The extremist activism associated with identity politics and sexual/gender politics continues to poison the well. Recently, myself and others made the claim on social media that the ‘moral panic’ cult, backed up by the dubious statistical ‘crime decline’ narrative, has hampered effective research and the struggle against today’s largely hidden traditional and novel crimes, particularly the heinous crime of child sexual abuse. Originally placing itself in opposition to media sensationalism, racism, sexism, homophobia and ‘authoritarian populism’, the cult’s principle of minimal intervention has backfired badly, creating an atmosphere of inertia, ignorance and anxiety in which hidden crime proliferates and hostile, authoritarian reactions are more likely.

The recent child abuse scandal in the UK elicited immediate responses from self-appointed identitarian activists – individuals and small cabals who narcissistically imagine themselves as the intrepid leaders of their cultural constituencies. Rather than argue for the return of universal ethics, intelligent research and rational, effective politics and policies, they claim that hateful ‘white cis-het reactionaries’ – people like me and some other ultra-realist researchers, I suppose, along with gender-critical feminists – are all abusers at heart, care nothing about crime, harm or abused children, and simply want to take advantage of the current outcry to accuse gay, trans and ethnic minority communities of harbouring a disproportionate number of paedophiles. It’s not us lot, it’s you lot! The most infantile, yah-boo, whataboutist discourse imaginable.

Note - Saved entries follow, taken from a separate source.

//! The command `judge`.
ghost use Rattle.std.specs.Prelude.{◌≡◌, None, false, option_map, IfOk};
ghost use Rattle.a429_arguments.specs.Given.{has_given};
ghost use Rattle.a429_arguments.specs.Requests.{asked_of};
ghost use Rattle.a429_arguments.specs.Texts.{texts_of};
ghost use Rattle.a429_arguments.specs.declared.options.OptionName.TheVariants.{Align};
ghost use Rattle.a429_console.specs.Names.{naming_of};
ghost use Rattle.a429_console.specs.Readings.{HasRead};
ghost use Rattle.a429_console.specs.WholeReplies.{Replies};
ghost use Rattle.a429_recordings.specs.JudgeReplies.{AreJudged, AreUnjudged, IsJudgement, IsJudgingOf, IsPrinting, IsQuiet, IsUnjudged, MayBeFound, PassesNoAskedBoxLine, PassesNoneOf, aligned_by, files_of, is_no_group, no_group_of};

mod boxes;
mod clocks;
mod duties;
mod events;
mod input;
mod judging;
mod marks;
mod noted;
mod noting;
mod rows;
mod sheets;
mod spans;
mod words;

use crate::judge::boxes::read_notes;
use crate::judge::clocks::{BoxTexts, found_clock};
use crate::judge::duties::is_any_wide;
use crate::judge::input::{JudgeInput, read_input};
use crate::judge::judging::Judging;
use crate::judge::sheets::judge_sheet;
use crate::judge::words::BoxLog;
use a429_align::Alignment;
use a429_arguments::requests::Asked;
use a429_arguments::tolerances::tolerance_group;
use a429_console::files::FileReader;
use a429_console::hints::warnings::{FoundClock, Warning};
use a429_console::planning::with_plan;
use a429_console::refusals::tables::no_group;
use a429_console::refusals::{CommandRefusal, Refused};
use a429_console::reply::Reply;
use a429_replay::Names;
use a429_slots::{OUTPUTS, Proposal};
use std::alloc::{AllocError, Global};

/// What is said of the words of the logs, on the clock that is found, otherwise on that which is given. Error: a log is
/// refused.
fn judge_words<'a, F: FileReader>(
    alloc: Global,
    files: &F,
    proposal: &Proposal<OUTPUTS>,
    names: &Names,
    input: JudgeInput<'a>,
    found: Option<Alignment>,
    warnings: &mut Vec<Warning>,
) -> Result<Reply, Refused>
    requires { names.now ≡ naming_of proposal.now.station }
    ensures silent { PassesNoneOf (files_of input.entry) input.entry.terms.reading → warnings.new.items ≡ warnings.old.items }
    ensures printed { IsPrinting proposal.now (aligned_by found (files_of input.entry)) result }
{
    let terms = input.terms;
    let reading = terms.reading;
    let judge = read_notes(
        alloc, files, proposal, names, input, found, reading, warnings,
    )?;
    let judging = Judging {
        proposal,
        judge: &judge,
        tolerances: terms.tolerances,
    };
    Ok(judge_sheet(alloc, &judging, terms.events, terms.form)?)
}

/// Whether a tolerance is given for a group that is not there.
fn is_no_group(names: &Names, text: &str) -> bool
    ensures { result ≡ is_no_group names.now text.now }
{
    match tolerance_group(text) {
        Some(group) => names.group(group.as_bytes()).is_none(),
        None => false,
    }
}

/// The first group for which a tolerance is given, but which is not there. `None`: each is there.
fn no_group_of<'a>(names: &Names, tolerances: &'a [&'a str]) -> Option<&'a str>
    ensures { option_map (λ name. name.now) result ≡ no_group_of names.now (texts_of tolerances.now) }
{
    for text in tolerances {
        if is_no_group(names, text) {
            return tolerance_group(text);
        }
    }
    None
}

/// The clock of what was sent, if it is looked for and found. Error: an allocation failed.
fn asked_clock<'a, F: FileReader>(
    alloc: Global,
    files: &F,
    proposal: &Proposal<OUTPUTS>,
    names: &Names,
    input: &JudgeInput<'a>,
) -> Result<Option<Alignment>, AllocError>
    ensures { IfOk result (MayBeFound (files_of input.now)) }
{
    let terms = input.terms;
    if !terms.aligned {
        return Ok(None);
    }
    let heard = BoxTexts {
        view: terms.heard_view,
        part: input.part(BoxLog::Heard),
        texts: &input.heard,
    };
    let sent = BoxTexts {
        view: terms.sent_view,
        part: input.part(BoxLog::Sent),
        texts: input.logs_of_sent(),
    };
    found_clock(alloc, files, proposal, names, heard, sent, terms.reading)
}

/// Notes the clock of what was sent, if it was looked for.
fn note_clock(looked_for: bool, found: Option<Alignment>, warnings: &mut Vec<Warning>)
    ensures { looked_for ≡ false → warnings.new.items ≡ warnings.old.items }
{
    if !looked_for {
        return;
    }
    let clock = match found {
        Some(alignment) => Some(FoundClock {
            shift: alignment.shift,
            drift: alignment.drift,
            words: alignment.moments,
            unfit: alignment.unfit,
            margin: alignment.margin,
        }),
        None => None,
    };
    Warning::note_clock(warnings, clock);
}

/// What is said of a box with this plan, in which each group is there for which a tolerance is given. Errors: a tolerance is
/// too great; a log is refused.
fn judge_plan<'a, F: FileReader>(
    alloc: Global,
    files: &F,
    proposal: &Proposal<OUTPUTS>,
    names: &Names,
    input: JudgeInput<'a>,
    warnings: &mut Vec<Warning>,
) -> Result<Reply, Refused>
    requires names { names.now ≡ naming_of proposal.now.station }
    requires groups { no_group_of (naming_of proposal.now.station) (texts_of input.terms.tolerances.now) ≡ None }
    ensures silent { IsQuiet (files_of input.entry) → warnings.new.items ≡ warnings.old.items }
    ensures judged { IsJudgingOf proposal.now (files_of input.entry) result }
{
    let terms = input.terms;
    let wide = is_any_wide(alloc, proposal, terms.tolerances)?;
    if wide {
        return Err(Refused::plain(CommandRefusal::Tolerance));
    }
    let found = asked_clock(alloc, files, proposal, names, &input)?;
    match judge_words(alloc, files, proposal, names, input, found, warnings) {
        Ok(reply) => {
            note_clock(terms.aligned, found, warnings);
            Ok(reply)
        }
        Err(refusal) => Err(refusal),
    }
}

/// What is said of a box with this plan. Errors: a group is not there; a tolerance is too great; a log is refused.
fn judge_box<'a, F: FileReader>(
    alloc: Global,
    files: &F,
    proposal: &Proposal<OUTPUTS>,
    input: JudgeInput<'a>,
    warnings: &mut Vec<Warning>,
) -> Result<Reply, Refused>
    ensures silent { IsQuiet (files_of input.entry) → warnings.new.items ≡ warnings.old.items }
    ensures judged { IsJudgingOf proposal.now (files_of input.entry) result }
{
    let names = Names::of(alloc, proposal.equipment())?;
    match no_group_of(&names, input.terms.tolerances) {
        Some(group) => Err(Refused::plain(no_group(alloc, group))),
        None => judge_plan(alloc, files, proposal, &names, input, warnings),
    }
}

/// What is said of a box, by the bytes of the files. Errors: there is no plan; those of `judge_box`.
fn judge_input<'a, F: FileReader>(
    alloc: Global,
    files: &F,
    input: JudgeInput<'a>,
    warnings: &mut Vec<Warning>,
) -> Result<Reply, Refused>
    ensures silent { IsQuiet (files_of input.entry) → warnings.new.items ≡ warnings.old.items }
    ensures judged { Replies (AreJudged (files_of input.entry)) (AreUnjudged (files_of input.entry)) result }
{
    let proposal = input.table.propose(alloc)?;
    let judged = judge_box(alloc, files, &proposal, input, warnings);
    with_plan(judged, proposal)
}

/// Whether what a box sent is right, as a sheet, by logs of what came in and of what was sent, or by logs that have both. The status is 0 if
/// nothing was found, and otherwise 1. Errors, in this order: a file cannot be read; the table has a fault or no plan; a line of the
/// plan text is refused; a tolerance is given for a group that is not there, or is more than half the period of an output; the first
/// faulty line of what came in, and then of what was sent; the two have no time in common. `Memory` if an allocation fails. The
/// clock that was looked for is noted, and what is passed over in a log.
pub fn judge_reply<F: FileReader>(
    alloc: Global,
    files: &mut F,
    asked: &Asked,
    warnings: &mut Vec<Warning>,
) -> Result<Reply, Refused>
    ensures answer { HasRead F.answers (λ file. Replies (IsJudgement file (asked_of asked.now))
        (IsUnjudged file (asked_of asked.now)) result) files.old files.new }
    ensures silent { HasRead F.answers (λ file. has_given (asked_of asked.now).given Align ≡ false
        → PassesNoAskedBoxLine file (asked_of asked.now) → warnings.new.items ≡ warnings.old.items) files.old files.new }
{
    let input = read_input(alloc, files, asked)?;
    judge_input(alloc, files, input, warnings)
}
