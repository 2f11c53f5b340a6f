//! The command `survey`.
ghost use Rattle.std.specs.Prelude.{◌≡◌, ◌∷◌, None, Ok, IfOk, MatchResult, option_map};
ghost use Rattle.a429_arguments.specs.Requests.{asked_of};
ghost use Rattle.a429_console.specs.Files.{logs_of};
ghost use Rattle.a429_console.specs.Readings.{HasRead};
ghost use Rattle.a429_console.specs.RefusalText.{OrMemory};
ghost use Rattle.a429_console.specs.WholeReplies.{Replies};
ghost use Rattle.a429_recordings.specs.Comparing.{IsSurveyed, IsUnsurveyed, SurveyedBy, UnsurveyedBy};
ghost use Rattle.a429_recordings.specs.LogItems.{PassesNone};
ghost use Rattle.a429_recordings.specs.SimulationReplies.{PassesNoAskedLine};
ghost use Rattle.a429_recordings.specs.Surveys.{IsWordFault, survey_text, text_in, words_in};

mod compare;
mod expected;

use crate::logs::keeping::{KeepFault, WordKeeper, keep_logs};
use crate::logs::reading_for;
use crate::logs::views::{ClockMove, LogView};
use crate::survey::compare::compared_reply;
use a429_arguments::options::OptionName;
use a429_arguments::requests::Asked;
use a429_console::files::FileReader;
use a429_console::files::reading::read_logs;
use a429_console::hints::warnings::Warning;
use a429_console::refusals::Refused;
use a429_console::refusals::evidence::{LineEvidence, LogRefusal};
use a429_console::reply::Reply;
use a429_logs::{Reading, StatedWord};
use a429_survey::Survey;
use a429_text::SheetForm;
use std::alloc::{AllocError, Global};
use std::str;

/// The bit rate of lines, in bit/s, if none is given: high speed (ARINC 429 Part 1).
const HIGH_SPEED: u32 = 100_000;

/// By how much intervals are widened, in per cent, if it is not given (profile).
const USUAL_SLACK: u32 = 25;

/// What a survey prints: its sheet in a form at a bit rate in bit/s, or the start of a table; and of which words.
#[derive(Clone, Copy)]
pub struct SurveyForm<'a> {
    pub rate: u32,
    /// Rows for `import` are printed, and their intervals are widened by this part of them, in per cent.
    pub slack: Option<u32>,
    pub form: SheetForm,
    pub view: LogView<'a>,
    /// How the first line of the first log is read.
    pub reading: Reading<'a>,
}

impl<'a> SurveyForm<'a> {
    ghost use Rattle.a429_arguments.specs.Requests.{asked_of};
    ghost use Rattle.a429_recordings.specs.Surveys.{IsSurveyForm};

    /// The form that a request asks for.
    pub fn of(asked: &'a Asked<'_>) -> SurveyForm<'a>
        ensures { IsSurveyForm (asked_of asked.now).given result }
    {
        let slack = if asked.has(OptionName::Rows) {
            Some(asked.number(OptionName::Slack).unwrap_or(USUAL_SLACK))
        } else {
            None
        };
        SurveyForm {
            rate: asked.number(OptionName::Rate).unwrap_or(HIGH_SPEED),
            slack,
            form: asked.form(),
            view: LogView::window(asked, ClockMove::none()),
            reading: reading_for(asked),
        }
    }
}

/// The text of a name. `None` if it is not UTF-8.
#[tactic(auto, unfolding(crate::specs::Surveys::text_in))]
fn text_in(name: &[u8]) -> Option<&str>
    ensures { option_map (λ text. text.now) result ≡ text_in name.now }
{
    match str::from_utf8(name) {
        Ok(text) => Some(text),
        Err(_) => None,
    }
}

impl WordKeeper for Survey {
    ghost use Rattle.std.specs.Prelude.{ℕ};
    ghost use Rattle.a429_survey.specs.Figures.{Noted};
    ghost use Rattle.a429_recordings.specs.LogViews.{one_item};
    ghost use Rattle.a429_recordings.specs.Surveys.{noted_of};

    ghost Item = { Noted };

    ghost items = { λ _. one_item noted_of };

    ghost kept = { λ noted. noted };

    ghost Fixed = { ℕ };

    ghost fixed = { λ _. 0 };

    /// Notes a word. Error: its name is not UTF-8, or an allocation failed.
    #[tactic(auto, using(crate::proofs::LogLines::kept_one), unfolding(crate::specs::Surveys::noted_of))]
    fn keep(&mut self, word: StatedWord<'_>) -> Result<(), KeepFault> {
        let Some(name) = text_in(word.name) else {
            return Err(KeepFault::Line(LogRefusal::Name));
        };
        match self.note(name, word.time, word.raw) {
            Ok(()) => Ok(()),
            Err(_) => Err(KeepFault::NoMemory),
        }
    }

    fn line_evidence(&self, alloc: Global, text: &[u8], line: usize) -> Option<LineEvidence> {
        LineEvidence::of(alloc, text, line).ok()
    }
}

/// The survey of logs, read one after another as if they were one. What is passed over is noted. Error: the first faulty line.
fn survey_of<'a, F: FileReader>(
    alloc: Global,
    files: &F,
    form: SurveyForm<'a>,
    logs: &'a [Vec<Vec<u8>>],
    warnings: &mut Vec<Warning>,
) -> Result<Survey, Refused>
    ensures silent { PassesNone form.entry.reading (logs_of logs.now) → warnings.new.items ≡ warnings.old.items }
    ensures survey { MatchResult result (λ survey. words_in form.entry (logs_of logs.now) ≡ Ok survey)
        (OrMemory (IsWordFault form.entry (logs_of logs.now))) }
{
    let (view, reading) = (form.view, form.reading);
    let mut survey = Survey::new(alloc);
    match keep_logs(alloc, files, &mut survey, view, reading, 0, logs, warnings) {
        Ok(_) => Ok(survey),
        Err(refusal) => Err(refusal),
    }
}

/// The sheet of a survey. Error: an allocation failed.
fn text_of(alloc: Global, survey: &Survey, form: SurveyForm<'_>) -> Result<Vec<u8>, AllocError>
    ensures { IfOk result (λ text. text.items ≡ survey_text form.entry form.entry.slack survey.now) }
{
    match form.slack {
        Some(slack) => {
            let sheet = survey.start_sheet(alloc, form.rate, slack)?;
            sheet.render(alloc, SheetForm::Csv)
        }
        None => {
            let sheet = survey.sheet(alloc, form.rate)?;
            sheet.render(alloc, form.form)
        }
    }
}

/// What is on the lines of logs, without a table.
fn plain_reply<F: FileReader>(
    alloc: Global,
    files: &mut F,
    asked: &Asked,
    warnings: &mut Vec<Warning>,
) -> Result<Reply, Refused>
    ensures silent { HasRead F.answers (λ file. PassesNoAskedLine file ((asked_of asked.now).first ∷ (asked_of asked.now).more)
        (asked_of asked.now).given → warnings.new.items ≡ warnings.old.items) files.old files.new }
    ensures answer { HasRead F.answers (λ file. Replies (SurveyedBy None file (asked_of asked.now))
        (UnsurveyedBy None file (asked_of asked.now)) result) files.old files.new }
{
    let form = SurveyForm::of(asked);
    let logs = read_logs(alloc, files, asked.first, &asked.more)?;
    let survey = survey_of(alloc, files, form, &logs, warnings)?;
    Ok(Reply::done(text_of(alloc, &survey, form)?))
}

/// What is on the lines of a log and of those that follow it, as a sheet or as rows for `import`, with status 0. If a table is
/// given, its column `table` has what that says, and the status is 1 if something is found. Errors, in this order: a file is refused,
/// that of the table first; the table has a fault; a line is faulty, as the reader of logs says, or since its name is not UTF-8.
/// `Memory` if an allocation fails. What is passed over in a log is noted.
pub fn survey_reply<F: FileReader>(
    alloc: Global,
    files: &mut F,
    asked: &Asked,
    warnings: &mut Vec<Warning>,
) -> Result<Reply, Refused>
    ensures silent { HasRead F.answers (λ file. PassesNoAskedLine file ((asked_of asked.now).first ∷ (asked_of asked.now).more)
        (asked_of asked.now).given → warnings.new.items ≡ warnings.old.items) files.old files.new }
    ensures answer { HasRead F.answers (λ file. Replies (IsSurveyed file (asked_of asked.now))
        (IsUnsurveyed file (asked_of asked.now)) result) files.old files.new }
{
    match asked.text(OptionName::Table) {
        Some(table) => compared_reply(alloc, files, table, asked, warnings),
        None => plain_reply(alloc, files, asked, warnings),
    }
}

Can you see what has happened here? When Kimberlé Crenshaw, with what we must assume was good intention, proposed an intersectional matrix of race, gender, sexuality and class, she hoped we could transcend hostile identity politics to create new solidarities, where each group might develop an empathetic understanding of the others’ modes of subjugation. But no. Paranoid activists, mimicking the zero-sum mindset of ethnonationalists, instead used the intersectional matrix to emphasise what they feel – yes, ‘feel’, not ‘know’ – is the undying, existential hatred felt towards them by the groups on the other ends of the intersectional axes. In an emotivist culture, of course, what people ‘feel’ assumes the elevated position of absolute knowledge beyond question.

The activists’ solution? They demand that we immediately subvert and abandon all traditional identities, institutions – including the family – and moral orders to become like them…. free-floating, undefined individuals, because they are the pioneers of a beautiful, free, progressive future. Now, be honest. Was that ever going to work, or was it the road to intersectional paranoia, the return of reaction and what Simon Winlow and and I once called ‘the society of enemies’ ? A society in which paranoid cultural groups imagine a world full of hostile others who don’t want them to exist, and immediately react with aggressive denunciations that can elicit and affirm precisely that assumption amongst the others they blame? This is the polar opposite of the ‘tolerance’ that liberals claimed to be one of their founding principles. Has post-structuralist identity politics bequeathed us with the most destructive, multipolar self-fulfilling prophecy we have ever known? Is this danger inherent in accelerated cultural progressivism in the midst of declining economies and institutional orders? We need to know.